Below are entries. Copy exactly the lines running from the line that holds "if mask.len() >" to the line that holds "fn filled(bytes: &[u8]) -> [u8; 32]", with both ends included.

** SOURCE INFORMATION follows **

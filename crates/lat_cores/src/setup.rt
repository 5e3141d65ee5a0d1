//! What both cores are made of.

ghost use Rattle.std.specs.Prelude.{◌≡◌, ◌≤◌, true, false, nat_eq, length, IfOk};
ghost use Rattle.std.specs.List.{list_any};
ghost use Rattle.lat_lines.specs.Kept.{IsLine};
ghost use Rattle.lat_server.specs.Config.{IsConfig};
ghost use Rattle.lat_server.specs.declared.config.Offer.{Offer};

use lat_base::{Addr, Bytes, Memory};
use lat_node::NodeConfig;
use lat_queue::Services16;
use lat_script::{
    Pair, ScriptFault, Wanted, address, byte_within, bytes, choice, known_name, name, no_command,
    short, short_within, timing, word,
};
use lat_server::{Offer, Offers, ServerConfig, Timing};
use std::alloc::Global;
use std::marker::Model;

/// The configurations of both cores, which are valid.
#[derive(Drop)]
pub struct Setup {
    pub server: ServerConfig,
    pub node: NodeConfig,
}

impl Model for Setup {
    ghost use Rattle.lat_node.specs.Config as nodes;
    ghost use Rattle.lat_server.specs.Config as servers;
    ghost use Rattle.lat_cores.specs.Setups.{Setups};

    ghost Value = { Setups };

    ghost view = { λ a. record { server = a.server; node = a.node } };

    ghost invariant = { λ a. servers.IsConfig a.server × nodes.IsConfig a.node };
}

const USUAL: Timing = Timing {
    timer: 8,
    keepalive: 20,
    sessions: 64,
    extra: 7,
    ceiling: 4,
    wide: false,
};

impl Setup {
    /// What they are made of where nothing is said.
    pub fn usual(alloc: Global) -> Result<Setup, Memory> {
        let (server, node) = (known_name(b"TS1"), known_name(b"VAX1"));
        Ok(Setup {
            server: ServerConfig {
                own: Addr([0xaa, 0x00, 0x04, 0x00, 0x01, 0x04]),
                name: server,
                lines: 1,
                offers: Offers::new(alloc),
                groups: [0xff; 32],
                timing: USUAL,
                prompt: false,
                first: 1,
            },
            node: NodeConfig {
                own: Addr([0xaa, 0x00, 0x04, 0x00, 0x02, 0x04]),
                name: node,
                incarnation: 1,
                lines: 1,
                services: Services16::make(alloc),
                timer: 30,
                groups: Bytes::copy(alloc, &[])?,
                timing: USUAL,
                prompt: false,
                first: 1,
            },
        })
    }

    /// What a line says of them.
    pub fn told(&mut self, alloc: Global, line: &str) -> Result<(), ScriptFault> {
        match word(line, 0) {
            "server" => self.tell_server(alloc, line)?,
            "node" => self.tell_node(line)?,
            "circuit" => {
                let timing = timing(line)?;
                self.server.timing = timing;
                self.node.timing = timing;
            }
            "prompt" => self.tell_prompt(line)?,
            "first" => self.tell_first(line)?,
            "groups" => self.tell_groups(alloc, line)?,
            "service" => self.tell_service(line)?,
            "offer" => self.tell_offer(line)?,
            _ => return Err(no_command(0)),
        }
        Ok(())
    }

    fn tell_server(&mut self, alloc: Global, line: &str) -> Result<(), ScriptFault> {
        let (own, name) = (address(line, 1)?, name(line, 2)?);
        let lines = byte_within(1, 32, line, 3)?;
        self.server.own = own;
        self.server.name = name;
        self.server.offers = Offers::new(alloc);
        self.server.lines = lines;
        Ok(())
    }

    fn tell_node(&mut self, line: &str) -> Result<(), ScriptFault> {
        let (own, name) = (address(line, 1)?, name(line, 2)?);
        let (lines, incarnation) = (byte_within(1, 64, line, 3)?, short(line, 4)?);
        let timer = byte_within(1, 255, line, 5)?;
        self.node.own = own;
        self.node.name = name;
        self.node.lines = lines;
        self.node.incarnation = incarnation;
        self.node.timer = timer;
        Ok(())
    }

    fn tell_prompt(&mut self, line: &str) -> Result<(), ScriptFault> {
        if choice(Pair::Cores, line, 1)? {
            self.server.prompt = true;
        } else {
            self.node.prompt = true;
        }
        Ok(())
    }

    fn tell_first(&mut self, line: &str) -> Result<(), ScriptFault> {
        let server = choice(Pair::Cores, line, 1)?;
        let first = short_within(1, 65_535, line, 2)?;
        if server {
            self.server.first = first;
        } else {
            self.node.first = first;
        }
        Ok(())
    }

    fn tell_groups(&mut self, alloc: Global, line: &str) -> Result<(), ScriptFault> {
        let (heard, mask) = (mask_of(alloc, line, 1)?, mask_of(alloc, line, 2)?);
        self.node.groups = Bytes::copy(alloc, &mask)?;
        self.server.groups = filled(&heard);
        Ok(())
    }

    fn tell_service(&mut self, line: &str) -> Result<(), ScriptFault> {
        let service = name(line, 1)?;
        if self.node.services.len() < 32 {
            self.node.services.push(&service)?;
        }
        Ok(())
    }

    fn tell_offer(&mut self, line: &str) -> Result<(), ScriptFault> {
        let place = byte_within(1, self.server.lines, line, 1)?;
        let service = name(line, 2)?;
        if !self.may_offer(place) {
            return Ok(());
        }
        let offer = Offer {
            line: place,
            service,
        };
        Ok(offer_more(&mut self.server, offer)?)
    }

    // Whether the server has this line, and nothing is offered there.
    fn may_offer(&self, line: u8) -> bool
        ensures line { result ≡ true → IsLine self.now.server.lines line }
        ensures free { result ≡ true →
            list_any (λ (o : Offer). nat_eq o.line line) self.now.server.offers ≡ false }
    {
        1 <= line && line <= self.server.lines && !is_offered(line, self.server.offers.as_slice())
    }
}

// Whether the line is in an offer.
fn is_offered(line: u8, offers: &[Offer]) -> bool
    ensures { result ≡ list_any (λ (o : Offer). nat_eq o.line line) offers.now }
{
    offers.iter().any(|offer| offer.line == line)
}

// A line of the server that is in no offer offers a service.
fn offer_more(server: &mut ServerConfig, offer: Offer) -> Result<(), Memory>
    requires valid { IsConfig server.old }
    requires line { IsLine server.old.lines offer.line }
    requires free { list_any (λ (o : Offer). nat_eq o.line offer.line) server.old.offers ≡ false }
    ensures { IsConfig server.new }
{
    server.offers.push(offer)
}

// The bytes of a mask of groups, 32 at most.
fn mask_of(alloc: Global, line: &str, place: u8) -> Result<Vec<u8>, ScriptFault>
    ensures { IfOk result (λ mask. length mask.items ≤ 32) }
{
    let mask = bytes(alloc, line, place)?;
    if mask.len() > 32 {
        return Err(ScriptFault::Word {
            place,
            wanted: Wanted::Digits,
        });
    }
    Ok(mask)
}

// The mask of these bytes; those that it doesn't have are 0.
fn filled(bytes: &[u8]) -> [u8; 32]
    requires { length bytes.now ≤ 32 }
{
    let mut mask = [0; 32];
    mask[..bytes.len()].copy_from_slice(bytes);
    mask
}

** End of SOURCE INFORMATION **

• **SOLUTION FOR THIS EXERCISE**:
    if mask.len() > 32 {
        return Err(ScriptFault::Word {
            place,
            wanted: Wanted::Digits,
        });
    }
    Ok(mask)
}

// The mask of these bytes; those that it doesn't have are 0.
fn filled(bytes: &[u8]) -> [u8; 32]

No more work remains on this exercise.